Niklas Blomberg presented an overview of ELIXIR, which brings together European biodata resources. ELIXIR is an example of an internationally collaborative approach for data resources, which brings together 23 nodes, 55 commissioned projects and 397 teams. Blomberg noted the philosophy behind ELIXIR as being “the rising tide lifts all the boats”. The ELIXIR project has identified a set of core resources, which are of fundamental importance to the broader life science community, and act for the long-term preservation of biological data. These core resources are considered to be fundamental research infrastructure, and the long-term sustainability of the resources is therefore vital for bioscience research. The intention is for the core resources to be funded differently to the usual grant-based academic projects. In order to be considered as a core resource, the key requirement is for the data to be completely open to use by all. Blomberg showed that the top three countries accessing EMBL-EBI resources are the USA, China and India, and that the majority of these resources represent international collaborations.
Blomberg described some of the international collaborations which have been established in the bioscience discipline, for example the International Nucleotide Sequence Database Collaboration (INSDC) which has been key in developing and implementing regular data exchange, common data standards, and open and unrestricted access to data on an international level. Blomberg called for Indian funding agencies to participate in these types of scientific collaborations, which are not research projects but research infrastructure initiatives. Blomberg shared his experience that funding bodies need to take decadal view in considering investment and governance for data infrastructure. Blomberg’s view is that the complexity of these data and the accompanying requirement for skilled data professionals mean that a national focus for biodata resources is unlikely to be sustainable over the longer term.

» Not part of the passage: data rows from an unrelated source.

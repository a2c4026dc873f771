// From multiples of the reduced rows to weights of the kept ones.
ghost use Rattle.std.specs.Prelude.{◌≡◌, ◌<◌, [], ◌++◌, length, IfOk};
ghost use Rattle.std.specs.Ordering.{nat_cmp};
ghost use Rattle.ibp_algebra.specs.FormalSum.{AllKeys, IsCanonical, scale};
ghost use Rattle.ibp_algebra.specs.Spans.{SameSum, row_at};
ghost use Rattle.ibp_algebra.specs.Combination.{combination};
ghost use Rattle.sparse_rows.specs.Rows.{SameRow};
ghost use Rattle.row_echelon.specs.Echelons.{IsNumber, row_numbered, number_cmp};
ghost use Rattle.row_echelon.specs.KeptRows.{IsEchelon, originals, reduced_rows, by_place};

use crate::kept::Kept;
use ibp_base::NoMemory;
use ibp_field::Residue;
use indexmap::IndexMap;
use sector_lattice::Integral;
use std::alloc::Global;

/// Adds a multiple of the steps to the sums by place.
fn add_steps(sums: &mut [Residue], factor: Residue, steps: &[(u32, Residue)])
    requires { AllKeys (λ place. place < length sums.old) steps.now }
    ensures { SameSum nat_cmp (by_place 0 sums.new) (by_place 0 sums.old ++ scale factor steps.now) }
{
    for (place, value) in steps {
        let place = *place as usize;
        sums[place] = sums[place].add_product(factor, *value);
    }
}

/// The weights of the kept rows whose combination is that of the reduced rows by the steps. The last row
/// comes first: it is its reduced form plus its own steps, which name earlier rows.
pub fn substitute(
    alloc: Global,
    kept: &IndexMap<Integral, Kept>,
    steps: &[(u32, Residue)],
) -> Result<Vec<(u32, Residue)>, NoMemory>
    requires echelon { IsEchelon kept.now.entries }
    requires places { AllKeys (λ place. place < length kept.now.entries) steps.now }
    ensures sum { IfOk result (λ weights. SameRow (combination (row_at (reduced_rows kept.now.entries)) steps.now) (combination (row_numbered (originals [] kept.now.entries)) weights.items)) }
    ensures numbers { IfOk result (λ weights. AllKeys (IsNumber (originals [] kept.now.entries)) weights.items) }
    ensures ascending { IfOk result (λ weights. IsCanonical number_cmp weights.items) }
{
    let mut sums = vec![in alloc; Residue::zero(); kept.len()]?;
    add_steps(&mut sums, Residue::one(), steps);
    let mut weights = Vec::new(alloc);
    while let Some(value) = sums.pop() {
        if value.value() != 0 {
            if let Some((_, row)) = kept.get_index(sums.len()) {
                weights.push((row.number, value))?;
                add_steps(&mut sums, value.neg(), &row.steps);
            }
        }
    }
    weights.reverse();
    Ok(weights)
}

I was invited to speak about the importance of research data repositories and how the use of repositories can enable data to be FAIR (findable, accessible, interoperable and reusable). There are essentially two types of repositories, those which are discipline-specific and those which are generalists. Discipline-specific repositories are the ideal location for data, as these repositories usually implement data standards, data tools and data visualizations best suited for their holdings. Discipline-specific repositories also are more likely to be staffed by specialists for that disciplinary area, who are able to provide technical guidance for and validation of, deposited datasets. All of this means that discipline-specific repositories are able to maximize the findability, accessibility, interoperability and reusability of their data holdings. For data types and disciplines which do not have specialist repositories, generalist repositories are vital for enabling researchers to ensure their data are maximally findable and accessible.
In the panel discussion, Anurag Agarwal (CSIR-Institute of Genomics and Integrative Biology) discussed the challenges of sharing human-derived data in an ethical way, while, Akhilesh K. Tyagi (University of Delhi) highlighted need for controlled access repositories in view of emerging biodiversity-related bio-economy issues. The need for policies and data access frameworks developed by a range of Indian stakeholders (public and private) was also discussed.
India is taking important steps to embed an open data culture for its research community, and pulling in international expertise to minimize wheel reinvention is certainly a sensible way forward.